MPC’s last meeting in August has fallen very little since the last meeting, but according to Rachel Springall, the financial information service is more uncertain than Moneyfacts.

“Many of them will wait for the budget. This waiting game reduces the probability of the Bank of the UK this year to make more deduction in the Bank of England this year, as well as estimates for inflation to remain above the target.” He said.

He said that the preservatives had seen a downward trend in return during the period when the bank reduced the bank ratio.

“Average easy access [savings] The ratio has fallen below 3%, so those who savings should now move and change the variable ratio accounts if they no longer pay a good return from the hardly earned cash. “He said.

Global picture

The government will want to see that interest rates have increased further in order to increase the growth in the UK economy.

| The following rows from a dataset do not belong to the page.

// The kind, the group and the two stages of a step in one number: the stage that it leaves lowest, then the stage that it leads to,
// 8 bits each, then the kind in 2 bits and the group. An entry of a column of the table of steps.
ghost use Rattle.std.specs.Prelude.{◌≡◌, ◌<◌, get_or};
ghost use Rattle.chart_fields.specs.Ends.{ends_of, from_of, to_of, tag_of, group_of, froms, tos, tags, groups};

use definitions::{Group, Stage};

// All in one number.
pub fn ends_of(tag: u8, group: Group, from: Stage, to: Stage) -> u32
    requires { group.0 < 1024 }
    ensures { result ≡ ends_of tag group.0 from.0 to.0 }
{
    ((group.0 as u32 * 4 + tag as u32) * 256 + to.0 as u32) * 256 + from.0 as u32
}

// The stage that is left, of such a number.
fn from_of(ends: u32) -> Stage
    ensures { result.0 ≡ from_of ends }
{
    Stage((ends % 256) as u16)
}

// The stage that is led to.
fn to_of(ends: u32) -> Stage
    ensures { result.0 ≡ to_of ends }
{
    Stage((ends / 256 % 256) as u16)
}

// The kind, by its tag.
fn tag_of(ends: u32) -> u8
    ensures { result ≡ tag_of ends }
{
    (ends / 256 / 256 % 4) as u8
}

// The group.
fn group_of(ends: u32) -> Group
    ensures { result.0 ≡ group_of ends }
{
    Group((ends / 256 / 256 / 4) as u16)
}

// The stage that step e leaves.
pub fn from_at(ends: &[u32; 1024], e: usize) -> Stage
    requires { e < 1024 }
    ensures { result.0 ≡ get_or (froms ends.now) e 0 }
{
    from_of(ends[e])
}

// The stage that step e leads to.
pub fn to_at(ends: &[u32; 1024], e: usize) -> Stage
    requires { e < 1024 }
    ensures { result.0 ≡ get_or (tos ends.now) e 0 }
{
    to_of(ends[e])
}

// The kind of step e, by its tag.
pub fn tag_at(ends: &[u32; 1024], e: usize) -> u8
    requires { e < 1024 }
    ensures { result ≡ get_or (tags ends.now) e 0 }
{
    tag_of(ends[e])
}

// The group of step e.
pub fn group_at(ends: &[u32; 1024], e: usize) -> Group
    requires { e < 1024 }
    ensures { result.0 ≡ get_or (groups ends.now) e 0 }
{
    group_of(ends[e])
}
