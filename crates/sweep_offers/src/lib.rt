// One step of the sweep: a pair is offered a cost, and keeps the least.
#![tactic(auto)]

ghost use Rattle.std.specs.Prelude.{◌≡◌};
ghost use Rattle.sweep_model.specs.Model.{rows, offer as offered};
ghost use Rattle.chart.specs.Tables.{steps_in};
ghost use Rattle.sweep_offers.specs.Offers.{Open, Offering, stepped, held, SameSlices};

use chart_fields::StepTable;
use checks::WalkTables;
use definitions::{NONE, Node, Stage, Step};
use via_marks::packed;

// The tables of the sweep. By pair: its cost, NONE where it is not reached, and by what it was reached; by row: the reached
// nodes, in the order in which they were; by stage: how many they are.
#[derive(Drop)]
pub struct Rows<'a> {
    pub costs: &'a mut [u32],
    pub via: &'a mut [u32],
    pub nodes: &'a mut [u32],
    pub counts: [u32; 256],
}

// The pair of stage s, whose row starts at `base`, and node t is offered the cost v. `mark` has the step and the node
// that offer it.
fn offer(
    costs: &mut [u32],
    via: &mut [u32],
    nodes: &mut [u32],
    counts: &mut [u32; 256],
    base: usize,
    s: Stage,
    t: Node,
    v: u32,
    mark: u32,
)
    requires { Open base s.0 t.0 (rows costs.old via.old nodes.old counts.old) }
    ensures { let before = rows costs.old via.old nodes.old counts.old in
        let after = rows costs.new via.new nodes.new counts.new in
        after ≡ offered base s.0 t.0 v mark before }
{
    let pair = base + t.0 as usize;
    let old = costs[pair];
    if old <= v {
        return;
    }
    // None is NONE: the cost slice that a caller lends has numbers.
    if old == NONE {
        let stage = s.0 as usize;
        let k = counts[stage];
        nodes[base + k as usize] = t.0 as u32;
        counts[stage] = k + 1;
    }
    costs[pair] = v;
    via[pair] = mark;
}

// Node n at cost v offers by step e, which leads to node t; to node 0 it offers nothing.
pub fn relax_step(
    costs: &mut [u32],
    via: &mut [u32],
    nodes: &mut [u32],
    counts: &mut [u32; 256],
    steps: &StepTable,
    row: &[u32; 256],
    e: Step,
    n: Node,
    v: u32,
    t: Node,
)
    requires { Offering (steps_in steps.now) row.now e.0 n.0 v t.0 (rows costs.old via.old nodes.old counts.old) }
    ensures { let before = rows costs.old via.old nodes.old counts.old in
        let after = rows costs.new via.new nodes.new counts.new in
        after ≡ stepped (steps_in steps.now) row.now e.0 n.0 v t.0 before }
{
    if t.0 == 0 {
        return;
    }
    let s = steps.to(e);
    let base = row[s.0 as usize] as usize;
    let mark = packed(s, e, n);
    let total = v + steps.cost(e);
    offer(costs, via, nodes, counts, base, s, t, total, mark);
}

impl Rows<'_> {
    // The same, of all tables together.
    pub fn relax_step(&mut self, tables: WalkTables<'_>, e: Step, n: Node, v: u32, t: Node)
        requires { Offering (steps_in tables.steps.now) tables.row.now e.0 n.0 v t.0 (held self.old) }
        ensures becomes { held self.new ≡ stepped (steps_in tables.entry.steps.now) tables.entry.row.now e.0 n.0 v t.0 (held self.old) }
        ensures same { SameSlices self.old self.new }
    {
        relax_step(
            self.costs,
            self.via,
            self.nodes,
            &mut self.counts,
            tables.steps,
            tables.row,
            e,
            n,
            v,
            t,
        );
    }
}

Focusing on low and medium income, the Definition of the Solution Foundation, said that after a 20 -year growth, living standards should improve.

However, as ministers, especially in countries such as the USA, Germany and France, as prices increase more slowly, they will be aware of the inflationary risk in the UK.

On Thursday, the MPC decision will come after the US Central Bank chose to reduce interest rates to 4 to 4.25% for the first time since December.

Last Thursday, the European Central Bank chose to accept its interest as 2%.